Hıncal Uluç, başlıklı yazısında Hürriyet Gazetesi'ne kızdı...
Hürriyet'in başlığını görünce tepem attı.. "Oğlunu kapkaça kurban veren baba 'yılın öğretmeni.."
Yani bu kadar da duygusallık olur mu?.. Öğretmenlik dünyanın en kutsal mesleği.. Yılın hocasını seçerken, mesleki kutsallık içinde kalınması gerekmez mi?. Oğlu öldü diye birini seçmek, binlerce öğretmene haksızlık değil mi?.
Delikanlının kapkaç sırasında ölmesine hepimiz üzüldük, ama bu başka iş.. İstanbul Milli Eğitim Müdürlüğü'nün "Yılın Öğretmeni" için kıstasları başka olmalı değil mi?.. Sayfayı çevirmeye hazırlanırken, şeytan dürttü sanki.. "Habere bir göz atayım" dedim içimden ve baktım.. İyi ki bakmışım.. Haberi okuyunca görüyorsunuz ki, Milli Eğitim Müdürlüğü gerçekten harika bir seçim yapmış.. Bundan iyisi olamazdı..
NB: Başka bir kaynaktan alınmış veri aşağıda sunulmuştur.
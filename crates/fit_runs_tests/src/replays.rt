// Scripts that are played over a disk in memory. The lines are from outside.

use crate::equality::equal;
use crate::failing::Failing;
use crate::reading::Pieces;
use fit_disk::{Memory, Which};
use fit_files::{ReportFault, check_bytes};
use fit_recorder::recover;
use fit_runs::{Streams, play, record};
use fit_scripts::{ReplayFault, ScriptFaultKind, read_script};
use std::alloc::{AllocError, Global};
use std::process::Abort;
use std::test::Fail;

// Five events. The third and the fifth each commit one more record.
const TWO_COMMITS: &str =
    "start 1000000000 7 running\nsample 1000000001\ncommit\nsample 1000000002\ncommit\n";

const TWO_COMMITS_ANSWERS: &str =
    "1 start: ok\n2 sample: ok\n3 commit: ok\n4 sample: ok\n5 commit: ok\n";

// Plays a script over an empty disk, and asserts that so many of its answers are not ok. Returns a file of the disk.
fn played(
    rt: &impl Abort,
    alloc: Global,
    script: &[u8],
    checked: bool,
    refused: usize,
    which: Which,
    out: &mut Vec<u8>,
) -> Result<Vec<u8>, Fail> {
    let events = read_script(alloc, script)?;
    let (disk, played) = play(Memory::new(alloc), events.as_slice(), checked, out);
    equal(rt, played, Ok(refused));
    Ok(Vec::from_slice(alloc, disk.content(which))?)
}

// The file of a ride that was started and stopped.
pub fn stopped_ride(rt: &impl Abort, alloc: Global, out: &mut Vec<u8>) -> Result<Vec<u8>, Fail> {
    let script = b"start 1000000000 7 running\nstop 1000000001\n";
    played(rt, alloc, script, false, 0, Which::Data, out)
}

#[test]
fn the_example_of_the_crate(rt: HostRuntime) -> Result<(), Fail> {
    let mut out = Vec::new(rt.alloc());
    let file = stopped_ride(&rt, rt.alloc(), &mut out)?;
    check_bytes(rt.alloc(), file.as_slice(), &mut out)?;
    let text =
        "1 start: ok\n2 stop: ok\nok records=0 laps=1 sessions=1 start=1000000000 elapsed_ms=1000 timer_ms=1000 distance_cm=-\n";
    equal(&rt, out.as_slice(), text.as_bytes());
    Ok(())
}

// The journal of a start alone; its 72 bytes have the checksum D7860579.
static CHECKED_START: [u8; 56] = [
    0x46, 0x52, 0x4A, 0x44, 0, 0, 0, 0, 0xA5, 0x48, 0, 0, 0, 0x79, 0x05, 0x86, 0xD7, 0, 0, 0, 0, 0,
    0, 0, 0, 0, 0, 0, 0, 0, 0, 0, 0, 0, 0, 0, 0, 0, 0, 0, 0, 0, 0, 0, 0, 0, 0, 0, 0, 0, 0, 0, 0, 0,
    0, 0,
];

static PLAIN_START: [u8; 24] = [
    0x46, 0x52, 0x4A, 0x32, 0, 0, 0, 0, 0xA5, 0x48, 0, 0, 0, 0, 0, 0, 0, 0, 0, 0, 0, 0, 0, 0,
];

const START: &[u8] = b"start 1000000000 7 running\n";

// The journal after a start, which is asked for as checked or plain.
fn journal_of_start(rt: &impl Abort, alloc: Global, checked: bool) -> Result<Vec<u8>, Fail> {
    let mut out = Vec::new(alloc);
    played(rt, alloc, START, checked, 0, Which::Journal, &mut out)
}

// The journal after a start that was recorded from its line.
fn recorded_start(alloc: Global) -> Result<Vec<u8>, AllocError> {
    let mut out = Vec::new(alloc);
    let line = Pieces {
        rest: START,
        step: usize::MAX,
        calls: usize::MAX,
    };
    let (disk, _) = record(
        alloc,
        Memory::new(alloc),
        None,
        &mut Streams::new(line, &mut out),
    );
    Vec::from_slice(alloc, disk.content(Which::Journal))
}

// A recording by lines is checked.
#[test]
fn a_start_makes_the_journal_that_is_asked_for(rt: HostRuntime) -> Result<(), Fail> {
    let plain = journal_of_start(&rt, rt.alloc(), false)?;
    equal(&rt, plain.as_slice(), PLAIN_START.as_slice());
    let checked = journal_of_start(&rt, rt.alloc(), true)?;
    equal(&rt, checked.as_slice(), CHECKED_START.as_slice());
    let recorded = recorded_start(rt.alloc())?;
    equal(&rt, recorded.get(..4), Some(&CHECKED_START[..4]));
    Ok(())
}

#[test]
fn a_stopped_ride_is_erased_and_another_begins(rt: HostRuntime) -> Result<(), Fail> {
    let script =
        b"start 1000000000 7 running\nstop 1000000001\nstart 1000000002 7 running\nerase\nrestart\nstart 1000000002 7 cycling\nsample 1000000003\nrecover\n";
    let text =
        "1 start: ok\n2 stop: ok\n3 start: NotEmpty\n4 erase: ok\n5 restart: ok\n6 start: ok\n7 sample: ok\n8 recover: ok records=0 laps=1 sessions=1 start=1000000002 elapsed_ms=0 timer_ms=0 distance_cm=-\n";
    let mut out = Vec::new(rt.alloc());
    played(&rt, rt.alloc(), script, false, 1, Which::Data, &mut out)?;
    equal(&rt, out.as_slice(), text.as_bytes());
    Ok(())
}

// The number of records that a recovery after a power cut finds.
pub fn records_left(mut disk: Memory) -> Option<u32> {
    disk.cycle(&[]);
    match recover(&mut disk) {
        Ok(summary) => Some(summary.records),
        Err(_) => None,
    }
}

// How many calls of an output come before the ones that fail, and how many flushes before the one that fails; how many bytes are
// then printed, and how many records a recovery finds. The event whose line fails was run.
static OUTPUTS: [(usize, usize, usize, u32); 8] = [
    (0, usize::MAX, 0, 0),
    (1, usize::MAX, 12, 0),
    (2, usize::MAX, 25, 1),
    (3, usize::MAX, 38, 1),
    (4, usize::MAX, 51, 2),
    (5, usize::MAX, 64, 2),
    (usize::MAX, 0, 12, 0),
    // Only the flush of the third line fails; later ones would succeed.
    (usize::MAX, 2, 38, 1),
];

// Whether a play to this output reports what became of it, prints so many bytes of the answers, and leaves so many records.
fn keeps(
    alloc: Global,
    calls: usize,
    flushes: usize,
    printed: usize,
    records: u32,
) -> Result<bool, Fail> {
    let mut out = Failing::new(alloc, usize::MAX, calls);
    out.flushes = flushes;
    let events = read_script(alloc, TWO_COMMITS.as_bytes())?;
    let (disk, played) = play(Memory::new(alloc), events.as_slice(), false, &mut out);
    let outcome = if printed == TWO_COMMITS_ANSWERS.len() {
        Ok(0)
    } else {
        Err(ReportFault::Output)
    };
    Ok(
        played == outcome
            && TWO_COMMITS_ANSWERS.as_bytes().get(..printed) == Some(out.held.as_slice())
            && records_left(disk) == Some(records),
    )
}

// No further event is run, and what was answered is kept.
#[test]
fn a_replay_ends_where_its_output_fails(rt: HostRuntime) -> Result<(), Fail> {
    for (calls, flushes, printed, records) in OUTPUTS {
        let is_kept = keeps(rt.alloc(), calls, flushes, printed, records)?;
        assert!(rt; is_kept, "{calls} {flushes}");
    }
    Ok(())
}

// The number of a fault and its line, or 0 for bytes that are not text.
static NOT_REPLAYED: [(&[u8], u8, usize); 6] = [
    (b"lap 5000000000\n\xFF", 1, 0),
    (b"lap 5000000000\n", 2, 1),
    (b"cut 1\nlap\n", 2, 2),
    (b"cut 1\n", 3, 1),
    (b"start 1000000000 7 running\nfail 1\npower\n", 3, 2),
    (b"\npower\n", 3, 2),
];

fn fault_of(alloc: Global, bytes: &[u8]) -> Option<(u8, usize)> {
    let fault = read_script(alloc, bytes).err()?;
    let line = match fault {
        ReplayFault::NoText => 0,
        ReplayFault::Script(fault) => fault.line,
        ReplayFault::OnlySimulate(line) => line,
    };
    Some((fault.code(), line))
}

// The bytes are not text, a line is not one of a script, or an event can only be simulated. The first of these faults is reported.
#[test]
fn a_script_that_is_not_replayed(rt: HostRuntime) {
    for (bytes, code, line) in NOT_REPLAYED {
        let fault = fault_of(rt.alloc(), bytes);
        assert_eq!(rt; fault, Some((code, line)), "{bytes:?}");
    }
}

// Run with each allocation refused in turn: want of memory is reported at a line, or the device of the disk failed.
#[test]
fn a_replay_states_that_memory_is_refused(rt: HostRuntime) -> Result<(), AllocError> {
    let mut out = Vec::with_capacity(rt.alloc(), 256)?;
    match read_script(rt.alloc(), TWO_COMMITS.as_bytes()) {
        Ok(events) => {
            let (disk, played) = play(Memory::new(rt.alloc()), events.as_slice(), false, &mut out);
            let all = out.as_slice() == TWO_COMMITS_ANSWERS.as_bytes();
            assert!(rt; disk.spent() != (played == Ok(0)) && disk.spent() != all);
        }
        Err(ReplayFault::Script(fault)) => {
            equal(&rt, fault.kind, ScriptFaultKind::Memory);
            equal(&rt, out.len(), 0);
        }
        Err(_) => assert!(rt; false),
    }
    Ok(())
}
Çünkü gerekçe, Hürriyet'in başlığındaki yanlış ve yanıltıcı ifade değil.. Muzaffer Canıdemir öğretmen, bütün Türkiye'ye müthiş bir insanlık dersi verdiği ve de etkili olduğu için "Yılın Öğretmeni" seçilmiş.. O kadar büyük ve canlı bir acı içinde iken "Oğlunun organlarını bağışladığı ve tüm yurtta organ bağışına vesile olduğu için.." diye açıklıyor, Milli Eğitim Müdürlüğü gerekçeyi ve Hürriyet olayı nasıl saptırıyor ve küçültüyor.. Başlığa bakıp okumaktan vazgeçsek ne olacak?..
Haber Sabah'ta ertesi gün yer aldı..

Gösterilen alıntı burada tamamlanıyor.